I saw him from afar. He had always stood apart from the others, and the years had chiseled his features even more. I looked at him lovingly and was pleased to see he was as beautiful as the day I had met him. He had gone on with his life, pursuing his interests with passion. I had stayed behind, and he had moved on.
He was aloof at times and loving at others, with those eyes that held the warning of a retreating streak, a cruelty at odds with his vulnerability. Women and also men liked him, loved him, pursued him. No one could imagine the brutally cold desert of his absence once his desire ebbed. That had happened to me, and I had paid a price. He belonged to those born to be loved, desired and cherished, those who gave their bodies while keeping their hearts and souls unmoved. And there was a hunger for love in him that had taken up his whole being, like a lonely child trying to make up for a loveless childhood. But I had wanted and loved him just as he was. The only thing I had not expected was the blow of his detachment, the blow that left me reeling.

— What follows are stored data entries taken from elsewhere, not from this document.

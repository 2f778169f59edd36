#![tactic(auto)]
// Bytes in hex, both ways. Only small letters are digits: the toolchain's own library takes capitals too.
ghost use Rattle.std.specs.Prelude.{◌≡◌, ◌<◌, length, is_some, Some, None, Ok, IfOk, IsOk};
ghost use Rattle.hex_text.specs.Digits.{hex, glyph_of, digit_of, paired, unhex, read};

use std::alloc::{AllocError, Global};
use std::fmt;

#[cfg(test)]
mod tests;

// Bytes that are shown in hex, whatever width, precision or sign is asked for.
#[derive(Drop)]
pub struct Hex<'a>(pub &'a [u8]);

impl fmt::Display for Hex<'_> {
    ghost output = { λ h. Some (hex h.0.now) };

    ghost styled_output = { λ h _. Some (hex h.0.now) };

    fn fmt<W: fmt::Write>(&self, f: &mut fmt::Formatter<W>) -> fmt::Result {
        for byte in self.0 {
            f.write_char(glyph(byte / 16))?;
            f.write_char(glyph(byte % 16))?;
        }
        Ok(())
    }
}

fn glyph(n: u8) -> char
    requires { n < 16 }
    ensures { result ≡ glyph_of n }
{
    char::from(if n <= 9 { b'0' + n } else { b'a' + n - 10 })
}

fn digit(c: u8) -> Option<u8>
    ensures { result ≡ digit_of c }
{
    match c {
        b'0'..=b'9' => Some(c - b'0'),
        b'a'..=b'f' => Some(c - b'a' + 10),
        _ => None,
    }
}

fn pair(high: u8, low: u8) -> Option<u8>
    ensures { result ≡ paired (digit_of high) (digit_of low) }
{
    Some(16 * digit(high)? + digit(low)?)
}

// Whether a text writes bytes at all: it is pairs of digits and nothing else.
fn writes_bytes(text: &[u8]) -> bool
    ensures { result ≡ is_some (unhex text.now) }
{
    let mut left = text;
    while let [high, low, rest @ ..] = left {
        if pair(*high, *low).is_none() {
            return false;
        }
        left = rest;
    }
    left.is_empty()
}

// The bytes that a text writes in hex, or `None` where it is not such a text: that is told whatever memory there is, as
// memory is asked for only once the text is known to write bytes.
pub fn read_hex(heap: Global, text: &[u8]) -> Result<Option<Vec<u8>>, AllocError>
    ensures value { IfOk result (λ o. read o ≡ unhex text.now) }
    ensures none { unhex text.now ≡ None → result ≡ Ok None }
    ensures empty { length text.now ≡ 0 → IsOk result }
{
    if !writes_bytes(text) {
        return Ok(None);
    }
    let mut bytes = Vec::with_capacity(heap, text.len() / 2)?;
    let mut left = text;
    while let [high, low, rest @ ..] = left {
        let Some(byte) = pair(*high, *low) else {
            return Ok(None);
        };
        bytes.push_reserved(byte);
        left = rest;
    }
    Ok(Some(bytes))
}

// What is shown of bytes reads as these bytes.
pub fn reading_undoes_showing(bytes: &[u8])
    ensures { unhex (hex bytes.now) ≡ Some bytes.now }
{}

Collecting myself, I followed him. I saw him leave his house, do his shopping and come back. Keeping my distance, just content to watch him, I enjoyed the precision of his movements when chopping vegetables, uncorking a bottle of wine, doing all the simple things that he had always done so well. He had been perfect in my mind. The years had given him strength, had added silver to his temples and some lines around his eyes and mouth. To me, he stood larger than life, a man in command of his destiny. After all these years, I failed to see otherwise.

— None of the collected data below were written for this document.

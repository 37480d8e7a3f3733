// The program of document 01: a tape from standard input, and each decision to standard output.
#![tactic(auto)]

fn main() {
    streams::tape_program(transcript::write);
}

He was alone and did not seem to expect company. He never seemed to need anyone. He had been born to take and enjoy what others could give him, not to need them. I had learned that many years before and had still loved him to distraction. It was late when he got into bed after I watched him undress. He had always been able to sleep in all circumstances, unmoved by the heartache he had stirred in others. I watched him fall asleep with his curls tumbled on the pillow, too beautiful for this world. I went on watching him, wishing I could lie by his side.